Most CISOs believe that human error is the biggest risk for their organization

53% of CISOs and CSOs in the UK&I reported that their organization suffered at least one significant cyberattack in 2020, with 14% experiencing multiple attacks, a Proofpoint survey reveals.

This trend is not set to slow down, with 64% expressing concern that their organization is at risk of an attack in 2021. Those in larger organizations feel at greater threat, with this figure jumping to 89% amongst CSOs and CISOs from organizations over 2,500 employees and 83% from those with 5,000 employees or more. Perhaps more worryingly, 28% of respondents believe an attack in 2021 is unlikely a cause for concern.

Ransomware, the biggest cybersecurity threat

46% of CSOs/CISOs in the UK&I consider ransomware the biggest cybersecurity threat to their business in the next two years. This was followed by cloud account compromise (39%), insider threats (33%) and phishing (30%). Worryingly, 24% of CSOs/CISOs in the UK&I consider impersonation attacks and Business Email Compromise (BEC) attacks as the potential biggest cyber threat.

With BEC attacks quickly becoming one of the most expensive cyber risks globally – the FBI estimates the losses due to which at $26.5 billion over three years – this indicates that many IT leaders in the region underestimate the risk.

Human error, the biggest risk

55% of UK&I CISOs/CSOs believe that human error/lack of cybersecurity awareness is the biggest risk for their business, no matter what cybersecurity solutions are in place.

Common employee behaviours likely to result in cyberattacks include clicking on a malicious link or downloading a compromised file (43%), followed by falling victim to phishing emails (39%), intentional leaking of data (35%) and unauthorised use of devices and applications (35%).

However, while IT leaders in the UK&I are aware of the risk employees may pose to their business, 44% stated they did not know who the most at-risk employees in their organization are.

Employee training and awareness is a top priority

Improving employee training and awareness is a top priority, but obstacles remain. Even though human error and lack of cybersecurity awareness pose a high risk to organizations, only 28% of UK&I organizations admit to running a comprehensive training program more than twice a year.

However, 73% agree that they need to improve their employee cybersecurity awareness training and, despite the numerous challenges facing CISOs, 49% have made it their number one priority in 2021.

Unfortunately, it could be an uphill battle for many CSO/CISOs, as 54% agree that limited time and resources are an obstacle to developing an effective program, and 50% do not feel their board pays enough attention to delivering effective cybersecurity.

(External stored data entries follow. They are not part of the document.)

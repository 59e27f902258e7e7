//! A look at all marks.

ghost use Rattle.std.specs.Prelude.{◌≡◌, ◌<◌, IsFalse};
ghost use Rattle.chaos_core.specs.Boards.{nets_of};
ghost use Rattle.chaos_core.specs.Memories.{AreKept};
ghost use Rattle.chaos_core.specs.Rounds.{AreClosed};
ghost use Rattle.window_words.specs.Steps.{IsRested};
ghost use Rattle.dirty_words.specs.Boards.{IsAlone, IsFree, IsOf};
ghost use Rattle.dirty_run.specs.Turns.{HasLooked};

use dirty_words::{DirtyBoard, DirtyPass};
use xt_model::NetId;

/// Looks at the mark of each net by the first pass: whether one is set. Where none is, the words are closed, without a
/// look at them. Takes no memory.
pub(crate) fn look(board: &DirtyBoard, first: &mut DirtyPass, nets: u32) -> bool
    requires own { IsOf board.now first.old }
    requires alone { IsAlone first.old.view }
    requires free { IsFree first.old.view }
    requires count { nets ≡ nets_of first.old.view.base.setting }
    ensures own { IsOf board.now first.new }
    ensures looked { HasLooked first.old.view nets result first.new.view }
    ensures kept { AreKept first.old.view.base.setting first.old.view.base.seen }
    ensures rested { 0 < nets → IsRested first.old.view.base }
    ensures closed { IsFalse result → AreClosed first.old.view.base.setting.design first.old.view.base.seen }
{
    // What the first has seen, where there is no mark to look at.
    first.respects();
    let mut any = false;
    for net in 0..nets {
        if board.marked(first, NetId(net)) {
            any = true;
        }
    }
    any
}
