//! The report of a design.

ghost use Rattle.std.specs.Prelude.{IfOk, IfErr};
ghost use Rattle.xt_model.specs.Levels.{AreLevelled};
ghost use Rattle.xt_model.specs.Sound.{IsSound};
ghost use Rattle.command_line.specs.Words.{IsWorkerCount};
ghost use Rattle.call_meaning.specs.Outcome.{DesignMeans, prints};
ghost use Rattle.call_meaning.specs.Call.{IsStop};
ghost use Rattle.call_meaning.specs.Eco.{AreFound, HasEnvelope};

use crate::runs::Runs;
use crate::solution::{solved, solved_within};
use call_meaning::Stop;
use chaos_core::Gate;
use chaos_run::Both;
use report_text::{ReportKind, write_report};
use std::alloc::Global;
use std::mem;
use std::thread::Threads;
use xt_model::{Design, NoMemory, Windows};

// The report of a design whose least and greatest windows are found.
fn report_in(
    alloc: Global,
    design: &Design,
    found: &Both,
    kind: ReportKind,
) -> Result<Vec<u8>, Stop>
    requires { AreFound design.now found.now.low found.now.high }
    ensures ok { IfOk result (λ text. DesignMeans kind design.now (prints text.items)) }
    ensures stop { IfErr result (IsStop (DesignMeans kind design.now) (λ _. ⊥)) }
{
    match write_report(alloc, design, &found.low, &found.high, kind) {
        Ok(text) => Ok(text),
        Err(NoMemory) => Err(Stop::NoMemory),
    }
}

/// The report of a design whose envelope `top` keeps the limits: of its least and its greatest windows.
pub fn report_within<R: Threads + Sync, G: Gate>(
    rt: &R,
    alloc: Global,
    gate: &G,
    design: &Design,
    top: &Windows,
    kind: ReportKind,
    runs: Runs,
) -> Result<Vec<u8>, Stop>
    requires sound { IsSound design.now }
    requires levelled { AreLevelled design.now.nets }
    requires top { HasEnvelope design.now top.now }
    requires workers { IsWorkerCount runs.workers }
    ensures ok { IfOk result (λ text. DesignMeans kind design.now (prints text.items)) }
    ensures stop { IfErr result (IsStop (DesignMeans kind design.now) (λ _. ⊥)) }
{
    match solved_within(rt, alloc, gate, design, top, runs) {
        Ok(found) => report_in(alloc, design, &found, kind),
        Err(NoMemory) => Err(Stop::NoMemory),
    }
}

/// The report of a design: of its least and its greatest windows.
pub fn report<R: Threads + Sync, G: Gate>(
    rt: &R,
    alloc: Global,
    gate: &G,
    design: &Design,
    kind: ReportKind,
    runs: Runs,
) -> Result<Vec<u8>, Stop>
    requires sound { IsSound design.now }
    requires levelled { AreLevelled design.now.nets }
    requires workers { IsWorkerCount runs.workers }
    ensures ok { IfOk result (λ text. DesignMeans kind design.now (prints text.items)) }
    ensures stop { IfErr result (IsStop (DesignMeans kind design.now) (λ _. ⊥)) }
{
    let (found, lists) = solved(rt, alloc, gate, design, runs)?;
    mem::drop(lists);
    report_in(alloc, design, &found, kind)
}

Businesses still not prepared for secure remote working

In 2021, many businesses are looking at their long-term remote working plans for their employees.

Despite most businesses having had nine months to plan and prepare since the beginning of the COVID-19 pandemic, only 22% of CISOs firmly believe that their employees are fully equipped to work remotely which, perhaps, reflects the scramble to enable the business to continue through the pandemic and that corners may have been cut in that rush.

This is supported by the fact that 64% of CISOs believe that their organizations are currently more vulnerable to cyber threats as a result of remote working.

Cybersecurity budget expected increase

73% of CSOs/CISOs in the UK&I expect to see their cybersecurity budget increase over the next two years. In fact, 25% expect an increase to their budgets by more than 10%. CSOs/CISOs also reported that investing in hiring new talent and upskilling employees was their second highest priority for 2021 (47%) after improving employee cybersecurity awareness (49%).

“It’s encouraging that the majority of IT leaders are showing awareness of the risks and challenges they face,” said Andrew Rose, Resident CISO (EMEA) at Proofpoint.

“However, it is a little concerning to see that attack vectors such as Business Email Compromise are not as highly prioritised as they could be – given that they are more commonplace than ransomware, and still create massive financial losses. The fact that employee awareness is high on the list of priorities is positive, as regular and comprehensive training is vital to building a security culture, which can protect your firm.

“A people-centric strategy is a must for organizations, and that starts with identifying the most vulnerable users and ensuring they are equipped with the knowledge and the tools to defend themselves and the business.”